All of the data that follows should be retyped exactly as it appears.

LISTED ENTRIES section start

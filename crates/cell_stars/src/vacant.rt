//! Places for the cells that come: freed or open ones.

ghost use Rattle.std.specs.Prelude.{◌≡◌, ◌⊎◌, ◌≤◌, ◌<◌, ℕ, None, Some, IfOk, OnOk, length};
ghost use Rattle.point_order.specs.Sets.{IsIn, IsAscending};
ghost use Rattle.cell_stars.specs.Places.{at_slot};
ghost use Rattle.cell_stars.specs.Moves.{IsVacant};

use crate::numbers::number_behind;
use crate::order::numbers_in_order;
use crate::slots::{Slot, is_open};
use crate::stock::{Stock, list_of};
use std::alloc::{AllocError, Global};

// Adds open places from a number on, until there are so many places. All that are there are to be before it.
fn add_open(list: &mut Vec<u32>, slots: &[Slot], count: usize, first: u32) -> Result<(), AllocError>
    requires order { IsAscending list.old.items }
    requires before { (i : ℕ) → IsIn i list.old.items → i < first }
    requires few { length list.old.items ≤ count }
    ensures order { OnOk result (IsAscending list.new.items) }
    ensures count { OnOk result (length list.new.items ≡ count) }
    ensures open { OnOk result ((i : ℕ) → IsIn i list.new.items →
        IsIn i list.old.items ⊎ (at_slot slots.now i ≡ None)) }
{
    let mut next = first;
    while list.len() < count {
        if is_open(slots, next) {
            list.push(next)?;
        }
        next = number_behind(next)?;
    }
    Ok(())
}

// Places that are likely to be open, and those that are freed, as far as so many are wanted.
fn likely_places(
    alloc: Global,
    stock: &mut Stock,
    slots: &[Slot],
    free: &[u32],
    freed: &[u32],
    count: usize,
) -> Result<Vec<u32>, AllocError>
    ensures { IfOk result (λ list. (i : ℕ) → IsIn i list.items → IsIn i freed.now ⊎ (at_slot slots.now i ≡ None)) }
{
    let mut list = list_of(&mut stock.numbers, alloc, count.max(freed.len()))?;
    list.extend_from_slice(freed)?;
    for i in free {
        if list.len() >= count {
            break;
        }
        if is_open(slots, *i) {
            list.push(*i)?;
        }
    }
    Ok(list)
}

// The number behind the last of these.
fn behind_last(list: &[u32]) -> Result<u32, AllocError>
    requires { IsAscending list.now }
    ensures { IfOk result (λ n. (i : ℕ) → IsIn i list.now → i < n) }
{
    match list.split_last() {
        Some((last, _)) => number_behind(*last),
        None => Ok(0),
    }
}

// So many places, ascending, each freed or open. New ones begin at the first number or behind it.
pub(crate) fn places_for(
    alloc: Global,
    stock: &mut Stock,
    slots: &[Slot],
    free: &[u32],
    freed: &[u32],
    count: usize,
    first: u32,
) -> Result<Vec<u32>, AllocError>
    ensures order { IfOk result (λ list. IsAscending list.items) }
    ensures count { IfOk result (λ list. length list.items ≡ count) }
    ensures vacant { IfOk result (λ list. (i : ℕ) → IsIn i list.items → IsVacant slots.now freed.now i) }
{
    let mut list = numbers_in_order(likely_places(alloc, stock, slots, free, freed, count)?);
    list.truncate(count);
    let last = behind_last(&list)?;
    add_open(&mut list, slots, count, last.max(first))?;
    Ok(list)
}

LISTED ENTRIES section end

▸ COMPLETED EXERCISE:
filename crates/cell_stars/src/vacant.rt
//! Places for the cells that come: freed or open ones.

ghost use Rattle.std.specs.Prelude.{◌≡◌, ◌⊎◌, ◌≤◌, ◌<◌, ℕ, None, Some, IfOk, OnOk, length};
ghost use Rattle.point_order.specs.Sets.{IsIn, IsAscending};
ghost use Rattle.cell_stars.specs.Places.{at_slot};
ghost use Rattle.cell_stars.specs.Moves.{IsVacant};

use crate::numbers::number_behind;
use crate::order::numbers_in_order;
use crate::slots::{Slot, is_open};
use crate::stock::{Stock, list_of};
use std::alloc::{AllocError, Global};

// Adds open places from a number on, until there are so many places. All that are there are to be before it.
fn add_open(list: &mut Vec<u32>, slots: &[Slot], count: usize, first: u32) -> Result<(), AllocError>
    requires order { IsAscending list.old.items }
    requires before { (i : ℕ) → IsIn i list.old.items → i < first }
    requires few { length list.old.items ≤ count }
    ensures order { OnOk result (IsAscending list.new.items) }
    ensures count { OnOk result (length list.new.items ≡ count) }
    ensures open { OnOk result ((i : ℕ) → IsIn i list.new.items →
        IsIn i list.old.items ⊎ (at_slot slots.now i ≡ None)) }
{
    let mut next = first;
    while list.len() < count {
        if is_open(slots, next) {
            list.push(next)?;
        }
        next = number_behind(next)?;
    }
    Ok(())
}

// Places that are likely to be open, and those that are freed, as far as so many are wanted.
fn likely_places(
    alloc: Global,
    stock: &mut Stock,
    slots: &[Slot],
    free: &[u32],
    freed: &[u32],
    count: usize,
) -> Result<Vec<u32>, AllocError>
    ensures { IfOk result (λ list. (i : ℕ) → IsIn i list.items → IsIn i freed.now ⊎ (at_slot slots.now i ≡ None)) }
{
    let mut list = list_of(&mut stock.numbers, alloc, count.max(freed.len()))?;
    list.extend_from_slice(freed)?;
    for i in free {
        if list.len() >= count {
            break;
        }
        if is_open(slots, *i) {
            list.push(*i)?;
        }
    }
    Ok(list)
}

// The number behind the last of these.
fn behind_last(list: &[u32]) -> Result<u32, AllocError>
    requires { IsAscending list.now }
    ensures { IfOk result (λ n. (i : ℕ) → IsIn i list.now → i < n) }
{
    match list.split_last() {
        Some((last, _)) => number_behind(*last),
        None => Ok(0),
    }
}

// So many places, ascending, each freed or open. New ones begin at the first number or behind it.
pub(crate) fn places_for(
    alloc: Global,
    stock: &mut Stock,
    slots: &[Slot],
    free: &[u32],
    freed: &[u32],
    count: usize,
    first: u32,
) -> Result<Vec<u32>, AllocError>
    ensures order { IfOk result (λ list. IsAscending list.items) }
    ensures count { IfOk result (λ list. length list.items ≡ count) }
    ensures vacant { IfOk result (λ list. (i : ℕ) → IsIn i list.items → IsVacant slots.now freed.now i) }
{
    let mut list = numbers_in_order(likely_places(alloc, stock, slots, free, freed, count)?);
    list.truncate(count);
    let last = behind_last(&list)?;
    add_open(&mut list, slots, count, last.max(first))?;
    Ok(list)
}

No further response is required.